Exercise requirements. In the listing below, how many lines include "declared"? Give the number and no other text.

──────────

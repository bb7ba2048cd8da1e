//! What the machine keeps. The functions do nothing: each stands for laws that are ends in themselves. What others build on are lemmas in
//! `proofs/`.
ghost use Rattle.tree_machine.specs.Outcomes.{AreTold, faults_told, last_count, Rose};
ghost use Rattle.std.specs.Prelude.{ℕ, ◌≡◌, true, Some, false, List, [], ◌∷◌, length, ◌≢◌, IsTrue, is_some, ◌⊎◌, ◌+◌, ◌≤◌, None};
ghost use Rattle.record_delta.specs.Entries.{AreSorted, Entries, settled_entries, above, up_to, over_any, record_of_key, is_above};
ghost use Rattle.tree_machine.specs.Merges.{Merge, quantum_of, moved_on};
ghost use Rattle.tree_machine.specs.Layers.{IsBehind, IsMergeOf, WaitsBehind, as_it_is, as_base};
ghost use Rattle.blsm_model.specs.declared.key.Key.{Key};
ghost use Rattle.record_delta.specs.declared.record.Rec.{Rec};
ghost use Rattle.tree_machine.specs.Lists.{Lists};
ghost use Rattle.tree_machine.specs.Moves.{goes_to_a, with_writes};
ghost use Rattle.blsm_model.specs.declared.row.Value.{Value};
ghost use Rattle.tree_machine.specs.declared.step.Step.{Step};
ghost use Rattle.tree_machine.specs.Machine.{Machine, held_by};
ghost use Rattle.tree_machine.specs.Steps.{Outcome};
ghost use Rattle.tree_machine.specs.Stands.{Stands};
ghost use Rattle.tree_machine.specs.Plays.{AllWriteOnce, played, GoesWell, may_step, stepped};
ghost use Rattle.tree_machine.specs.Effects.{LeaveAll};
ghost use Rattle.blsm_model.specs.declared.history.Why.TheVariants as why;

/// What a merge wrote is the fold of its inputs up to its cursor, after each quantum.
pub fn merges_fold()
    ensures pass { (quantum : ℕ) (merge : Merge) (newer older : Entries) → AreSorted newer → AreSorted older → IsMergeOf as_it_is newer older merge
        → IsMergeOf as_it_is newer older (moved_on merge (quantum_of quantum merge newer older).groups (quantum_of quantum merge newer older).groups) }
    ensures deep { (quantum : ℕ) (merge : Merge) (newer older : Entries) → AreSorted newer → AreSorted older → IsMergeOf as_base newer older merge
        → IsMergeOf as_base newer older (moved_on merge (quantum_of quantum merge newer older).groups (settled_entries (quantum_of quantum merge newer older).groups)) }
    ensures rest { (merge : Merge) (newer older : Entries) → IsMergeOf as_it_is newer older merge → (key : Key)
        → over_any (record_of_key key merge.output) (over_any (record_of_key key (above merge.cursor newer)) (record_of_key key (above merge.cursor older)))
        ≡ over_any (record_of_key key newer) (record_of_key key older) }
{}

/// A write ahead of the pass joins it, and any other waits for the next one; so does one whose key waits already, and so do more than one together.
/// What the pass has taken stays. Where each command writes once at most, none of the keys that wait is ahead of the pass, so each write goes where
/// the pass's cursor sends it.
pub fn snowshovelling()
    ensures ahead { (pass : Merge) (e : Key × Rec) (lists : Lists) → is_above pass.cursor e.0 ≡ true → record_of_key e.0 lists.b ≡ None
        → (with_writes (Some pass) (e ∷ []) lists).b ≡ lists.b }
    ensures behind { (pass : Merge) (e : Key × Rec) (lists : Lists)
        → (is_above pass.cursor e.0 ≡ false) ⊎ IsTrue (is_some (record_of_key e.0 lists.b)) → (with_writes (Some pass) (e ∷ []) lists).a ≡ lists.a }
    ensures together { (pass : Merge) (more : Entries) (lists : Lists) → 2 ≤ length more → (with_writes (Some pass) more lists).a ≡ lists.a }
    ensures stays { (pass : Merge) (more : Entries) (lists : Lists) → AreSorted lists.a
        → up_to pass.cursor (with_writes (Some pass) more lists).a ≡ up_to pass.cursor lists.a }
    ensures waits { (opening : List (Key × Value)) (m : Machine) (steps : List (Step × Outcome)) → Stands opening m → GoesWell m steps → AllWriteOnce steps
        → WaitsBehind m.lists m.merges.pass → WaitsBehind (played m steps).lists (played m steps).merges.pass }
    ensures cursor { (pass : Merge) (b : Entries) (e : Key × Rec) → IsBehind pass.cursor b → goes_to_a (Some pass) b (e ∷ []) ≡ is_above pass.cursor e.0 }
{}

/// After each list of steps the machine stands for its history: its map is the map after it, its holds are the sequential map's, and
/// each answer is legal.
pub fn steps_stand()
    ensures { (opening : List (Key × Value)) (m : Machine) (steps : List (Step × Outcome)) → Stands opening m → GoesWell m steps → Stands opening (played m steps) }
{}

/// A step of one seat leaves the holds of the others.
pub fn seats_apart()
    ensures { (m : Machine) (step : Step) (outcome : Outcome) → IsTrue (may_step m step) → (other : ℕ) → other ≢ step.seat → held_by other (stepped m step outcome).state ≡ held_by other m }
{}

/// Refusals, writes that are kept and lookups change nothing but the history, a lookup that failed too, also one that comes before a write.
pub fn steps_change_little()
    ensures { (m : Machine) (seat : ℕ) (outcome : Outcome) → LeaveAll m seat outcome }
{}

/// What a run tells of the disk: failed lookups and a stop are no more than the faults that the disk counted meanwhile, and a
/// stop names a later count.
pub fn outcomes_are_told()
    ensures faults { (m : Machine) (old new : ℕ) (steps : List (Step × Outcome)) → new ≤ last_count → AreTold m old steps new
        → (faults_told (played m steps) + old ≤ faults_told m + new) ⊎ (new ≡ last_count) }
    ensures stop { (m : Machine) (old new faults : ℕ) (steps : List (Step × Outcome)) → AreTold m old steps new → m.stopped ≡ None → (played m steps).stopped ≡ Some (why.Faulted faults) → Rose old faults }
{}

──────────

Exercise response. 5